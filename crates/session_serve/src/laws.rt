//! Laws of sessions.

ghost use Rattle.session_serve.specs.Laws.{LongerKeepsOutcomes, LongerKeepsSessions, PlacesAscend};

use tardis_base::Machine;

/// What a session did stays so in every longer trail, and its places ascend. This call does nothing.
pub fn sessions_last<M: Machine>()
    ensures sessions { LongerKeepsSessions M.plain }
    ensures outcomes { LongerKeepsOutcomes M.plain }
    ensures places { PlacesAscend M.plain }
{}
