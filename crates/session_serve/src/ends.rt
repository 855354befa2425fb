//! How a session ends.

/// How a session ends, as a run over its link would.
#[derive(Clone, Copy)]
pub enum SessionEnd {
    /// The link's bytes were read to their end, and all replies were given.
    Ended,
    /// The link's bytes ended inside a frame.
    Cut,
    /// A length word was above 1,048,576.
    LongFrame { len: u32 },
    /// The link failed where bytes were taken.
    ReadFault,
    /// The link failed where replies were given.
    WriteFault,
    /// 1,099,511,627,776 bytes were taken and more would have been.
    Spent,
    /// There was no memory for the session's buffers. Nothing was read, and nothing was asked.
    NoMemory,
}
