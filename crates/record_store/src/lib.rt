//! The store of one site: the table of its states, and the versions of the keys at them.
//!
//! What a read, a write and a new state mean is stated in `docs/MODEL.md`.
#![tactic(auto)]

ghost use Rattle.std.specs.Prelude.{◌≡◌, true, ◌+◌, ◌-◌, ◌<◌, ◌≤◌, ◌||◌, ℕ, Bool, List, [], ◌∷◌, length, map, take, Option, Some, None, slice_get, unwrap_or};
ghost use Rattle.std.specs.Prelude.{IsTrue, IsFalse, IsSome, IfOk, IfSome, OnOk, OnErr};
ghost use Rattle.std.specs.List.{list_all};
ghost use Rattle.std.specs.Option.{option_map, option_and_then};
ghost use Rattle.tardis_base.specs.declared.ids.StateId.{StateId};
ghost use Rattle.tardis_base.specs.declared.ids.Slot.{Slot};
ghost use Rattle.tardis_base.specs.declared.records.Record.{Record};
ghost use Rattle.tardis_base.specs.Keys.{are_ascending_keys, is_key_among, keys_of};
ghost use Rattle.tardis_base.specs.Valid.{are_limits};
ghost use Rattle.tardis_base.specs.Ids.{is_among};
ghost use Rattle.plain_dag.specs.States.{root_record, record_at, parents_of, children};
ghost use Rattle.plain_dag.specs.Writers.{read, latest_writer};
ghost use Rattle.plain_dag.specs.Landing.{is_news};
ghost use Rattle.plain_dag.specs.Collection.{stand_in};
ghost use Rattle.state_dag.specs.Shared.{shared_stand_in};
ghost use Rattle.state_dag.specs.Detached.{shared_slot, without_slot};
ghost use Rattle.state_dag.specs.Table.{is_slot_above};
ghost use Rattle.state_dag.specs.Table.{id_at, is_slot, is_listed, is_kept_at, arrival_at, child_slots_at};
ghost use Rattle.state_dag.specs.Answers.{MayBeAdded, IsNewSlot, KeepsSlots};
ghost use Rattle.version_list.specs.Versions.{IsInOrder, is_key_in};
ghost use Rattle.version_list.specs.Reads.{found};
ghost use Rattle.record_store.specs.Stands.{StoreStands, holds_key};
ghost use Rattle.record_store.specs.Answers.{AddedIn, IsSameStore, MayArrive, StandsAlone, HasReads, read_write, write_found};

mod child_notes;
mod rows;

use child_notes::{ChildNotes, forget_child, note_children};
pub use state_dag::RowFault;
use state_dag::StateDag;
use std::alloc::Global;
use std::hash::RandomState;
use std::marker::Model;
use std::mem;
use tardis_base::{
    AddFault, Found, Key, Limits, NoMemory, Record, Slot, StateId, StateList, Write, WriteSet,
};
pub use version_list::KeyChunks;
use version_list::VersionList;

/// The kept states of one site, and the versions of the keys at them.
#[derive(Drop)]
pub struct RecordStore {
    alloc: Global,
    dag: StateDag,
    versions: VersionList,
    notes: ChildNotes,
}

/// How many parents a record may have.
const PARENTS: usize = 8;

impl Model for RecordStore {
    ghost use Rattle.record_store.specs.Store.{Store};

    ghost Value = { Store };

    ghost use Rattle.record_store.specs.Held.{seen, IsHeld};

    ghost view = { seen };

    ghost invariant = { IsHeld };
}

What you need to do:
Among the lines above, find those holding the word "ends" and state how many there are, number only.

Solution for this problem:
3